After finding the line with "self.redos.clear();" in the data below, set down exactly each line through the one with "< length self.old.records.undos))", inclusive, and stop there.

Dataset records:
_ _ _

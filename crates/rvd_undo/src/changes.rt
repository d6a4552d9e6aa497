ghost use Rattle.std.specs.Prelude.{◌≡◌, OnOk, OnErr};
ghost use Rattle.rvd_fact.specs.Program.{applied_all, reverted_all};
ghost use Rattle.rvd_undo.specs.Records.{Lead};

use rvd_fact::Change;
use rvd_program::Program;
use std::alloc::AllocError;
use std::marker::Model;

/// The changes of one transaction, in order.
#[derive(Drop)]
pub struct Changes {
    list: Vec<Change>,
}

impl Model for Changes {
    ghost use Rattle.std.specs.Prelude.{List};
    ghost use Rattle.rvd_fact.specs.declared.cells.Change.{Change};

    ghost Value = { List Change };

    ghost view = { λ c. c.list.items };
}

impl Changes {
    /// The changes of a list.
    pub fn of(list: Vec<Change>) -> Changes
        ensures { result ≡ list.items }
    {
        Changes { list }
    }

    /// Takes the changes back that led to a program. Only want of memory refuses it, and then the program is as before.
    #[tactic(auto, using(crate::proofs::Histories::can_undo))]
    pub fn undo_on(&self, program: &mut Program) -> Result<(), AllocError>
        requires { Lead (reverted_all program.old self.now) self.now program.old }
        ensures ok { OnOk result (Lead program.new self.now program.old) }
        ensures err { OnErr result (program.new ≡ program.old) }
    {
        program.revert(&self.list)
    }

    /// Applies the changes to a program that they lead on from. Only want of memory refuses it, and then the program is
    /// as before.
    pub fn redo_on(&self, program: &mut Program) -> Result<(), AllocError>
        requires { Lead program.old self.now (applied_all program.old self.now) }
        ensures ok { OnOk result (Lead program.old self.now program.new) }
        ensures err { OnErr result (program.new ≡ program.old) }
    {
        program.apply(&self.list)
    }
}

_ _ _

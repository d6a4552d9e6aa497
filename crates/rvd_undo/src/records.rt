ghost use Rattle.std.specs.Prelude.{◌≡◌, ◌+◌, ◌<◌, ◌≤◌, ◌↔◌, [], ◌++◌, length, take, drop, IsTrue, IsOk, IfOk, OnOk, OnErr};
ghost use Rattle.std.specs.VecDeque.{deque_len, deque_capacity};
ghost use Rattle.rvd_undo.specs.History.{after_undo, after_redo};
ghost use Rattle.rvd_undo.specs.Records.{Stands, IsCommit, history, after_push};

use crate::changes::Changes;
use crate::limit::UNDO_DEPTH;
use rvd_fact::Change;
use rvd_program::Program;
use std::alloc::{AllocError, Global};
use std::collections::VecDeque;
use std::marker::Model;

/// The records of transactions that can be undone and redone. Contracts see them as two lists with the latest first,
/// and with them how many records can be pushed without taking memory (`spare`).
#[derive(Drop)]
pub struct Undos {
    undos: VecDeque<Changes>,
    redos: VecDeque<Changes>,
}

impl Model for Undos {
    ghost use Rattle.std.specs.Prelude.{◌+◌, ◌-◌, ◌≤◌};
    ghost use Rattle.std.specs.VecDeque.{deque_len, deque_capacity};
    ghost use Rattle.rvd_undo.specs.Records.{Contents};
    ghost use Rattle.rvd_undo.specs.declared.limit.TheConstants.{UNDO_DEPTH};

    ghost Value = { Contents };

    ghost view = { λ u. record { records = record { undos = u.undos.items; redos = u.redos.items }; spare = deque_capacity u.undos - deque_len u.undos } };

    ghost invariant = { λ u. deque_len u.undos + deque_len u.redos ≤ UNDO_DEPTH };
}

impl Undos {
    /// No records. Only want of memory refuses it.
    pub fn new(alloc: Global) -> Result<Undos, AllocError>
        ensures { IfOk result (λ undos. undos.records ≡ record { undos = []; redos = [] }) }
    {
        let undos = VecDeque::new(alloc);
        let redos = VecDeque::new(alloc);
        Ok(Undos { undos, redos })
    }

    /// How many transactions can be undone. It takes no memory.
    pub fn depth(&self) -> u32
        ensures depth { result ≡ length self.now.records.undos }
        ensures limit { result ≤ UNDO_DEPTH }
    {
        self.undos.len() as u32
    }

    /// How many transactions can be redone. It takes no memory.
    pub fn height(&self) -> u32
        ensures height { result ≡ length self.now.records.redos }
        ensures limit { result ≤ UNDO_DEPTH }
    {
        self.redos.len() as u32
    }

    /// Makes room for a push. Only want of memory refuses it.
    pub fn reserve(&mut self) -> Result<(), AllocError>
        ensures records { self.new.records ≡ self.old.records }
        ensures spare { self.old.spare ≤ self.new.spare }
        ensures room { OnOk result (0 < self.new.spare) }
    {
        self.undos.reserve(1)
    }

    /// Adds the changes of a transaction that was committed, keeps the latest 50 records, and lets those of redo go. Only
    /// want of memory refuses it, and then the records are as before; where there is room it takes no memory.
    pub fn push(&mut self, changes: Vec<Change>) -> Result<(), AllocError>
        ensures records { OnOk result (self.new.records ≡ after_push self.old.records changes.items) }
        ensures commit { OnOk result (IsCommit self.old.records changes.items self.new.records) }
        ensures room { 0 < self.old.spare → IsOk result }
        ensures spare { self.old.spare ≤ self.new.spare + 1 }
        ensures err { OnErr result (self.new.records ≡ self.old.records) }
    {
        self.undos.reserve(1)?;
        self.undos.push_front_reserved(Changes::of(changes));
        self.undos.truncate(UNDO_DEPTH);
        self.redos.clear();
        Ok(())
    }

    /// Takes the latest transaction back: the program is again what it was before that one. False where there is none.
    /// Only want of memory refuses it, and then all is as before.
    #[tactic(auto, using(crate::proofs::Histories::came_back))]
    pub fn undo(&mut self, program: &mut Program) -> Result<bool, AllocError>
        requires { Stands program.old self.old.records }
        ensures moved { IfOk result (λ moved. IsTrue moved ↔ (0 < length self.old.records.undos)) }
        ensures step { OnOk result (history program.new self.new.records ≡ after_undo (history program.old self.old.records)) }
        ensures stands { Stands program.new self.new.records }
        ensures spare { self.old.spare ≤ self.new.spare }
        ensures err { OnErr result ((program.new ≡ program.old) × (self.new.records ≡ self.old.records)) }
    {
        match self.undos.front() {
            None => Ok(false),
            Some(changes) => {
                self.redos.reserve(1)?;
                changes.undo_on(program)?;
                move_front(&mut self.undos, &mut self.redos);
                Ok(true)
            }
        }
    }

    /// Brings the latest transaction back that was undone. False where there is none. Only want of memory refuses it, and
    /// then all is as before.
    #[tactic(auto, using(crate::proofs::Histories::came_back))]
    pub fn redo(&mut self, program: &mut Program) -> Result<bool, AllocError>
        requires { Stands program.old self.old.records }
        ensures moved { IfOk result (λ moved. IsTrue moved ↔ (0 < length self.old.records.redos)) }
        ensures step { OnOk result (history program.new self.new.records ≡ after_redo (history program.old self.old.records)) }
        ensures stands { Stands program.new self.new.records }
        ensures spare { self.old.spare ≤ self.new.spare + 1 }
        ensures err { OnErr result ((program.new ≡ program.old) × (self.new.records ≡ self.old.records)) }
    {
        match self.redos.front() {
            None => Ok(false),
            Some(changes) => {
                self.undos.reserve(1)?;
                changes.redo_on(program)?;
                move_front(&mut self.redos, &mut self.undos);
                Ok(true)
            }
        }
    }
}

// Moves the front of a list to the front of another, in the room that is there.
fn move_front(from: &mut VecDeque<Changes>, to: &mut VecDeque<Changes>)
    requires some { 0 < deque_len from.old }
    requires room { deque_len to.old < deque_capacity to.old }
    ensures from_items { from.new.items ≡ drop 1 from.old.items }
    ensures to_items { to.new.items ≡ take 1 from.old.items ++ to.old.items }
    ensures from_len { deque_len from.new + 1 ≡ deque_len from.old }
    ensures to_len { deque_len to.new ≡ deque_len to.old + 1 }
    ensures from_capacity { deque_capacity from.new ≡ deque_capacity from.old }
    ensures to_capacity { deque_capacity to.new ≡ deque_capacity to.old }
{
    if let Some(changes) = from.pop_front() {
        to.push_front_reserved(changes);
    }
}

_ _ _

- [ANSWER TO THIS PROBLEM]:
        self.redos.clear();
        Ok(())
    }

    /// Takes the latest transaction back: the program is again what it was before that one. False where there is none.
    /// Only want of memory refuses it, and then all is as before.
    #[tactic(auto, using(crate::proofs::Histories::came_back))]
    pub fn undo(&mut self, program: &mut Program) -> Result<bool, AllocError>
        requires { Stands program.old self.old.records }
        ensures moved { IfOk result (λ moved. IsTrue moved ↔ (0 < length self.old.records.undos)) }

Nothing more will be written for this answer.